§ Aim of the task
Report each line below that carries the word "Prelude".

§ Records to use
use thiserror::Error;

/// A call on a source or a sink that failed: it moved no byte.
#[derive(Clone, Copy, Debug, PartialEq, Eq, Error)]
#[error("a read or a write failed")]
pub struct Failed;
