ghost use Rattle.std.specs.Prelude.{◌-◌, ◌<◌, ◌^◌, IfOk, length};
ghost use Rattle.std.specs.Io.{WritesAtMost};
ghost use Rattle.std.specs.Io.KnownBytes.{WriteAppends};
ghost use Rattle.rif_script.specs.Faults.{CountsFaults};

use crate::failed::Failed;

/// Where bytes go to.
///
/// A sink may tell what was written to it; then it goes on telling it. One that tells nothing, as a
/// standard stream, is bound by its lengths and its count of faults alone.
pub trait Sink {
    ghost use Rattle.std.specs.Prelude.{ℕ, List};
    ghost use Rattle.std.specs.declared.option.Option.{Option};

    /// What was written, where the sink tells it.
    ghost written: { Self → Option (List ℕ) };

    /// How many calls have failed.
    ghost faults: { Self → ℕ };

    /// Writes the piece's first bytes, and answers how many. It is at least one, unless the piece is empty.
    /// The condition is that fewer than 2^64 - 1 calls have failed.
    fn give(&mut self, piece: &[u8]) -> Result<usize, Failed>
        requires { faults self.old < 2 ^ 64 - 1 }
        ensures bound { WritesAtMost result piece.now }
        ensures bytes { WriteAppends (written self.old) (written self.new) result piece.now }
        ensures progress { 0 < length piece.now → IfOk result (λ count. 0 < count) }
        ensures cause { CountsFaults (faults self.old) (faults self.new) result };
}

§ Expected answer
ghost use Rattle.std.specs.Prelude.{◌-◌, ◌<◌, ◌^◌, IfOk, length};
    ghost use Rattle.std.specs.Prelude.{ℕ, List};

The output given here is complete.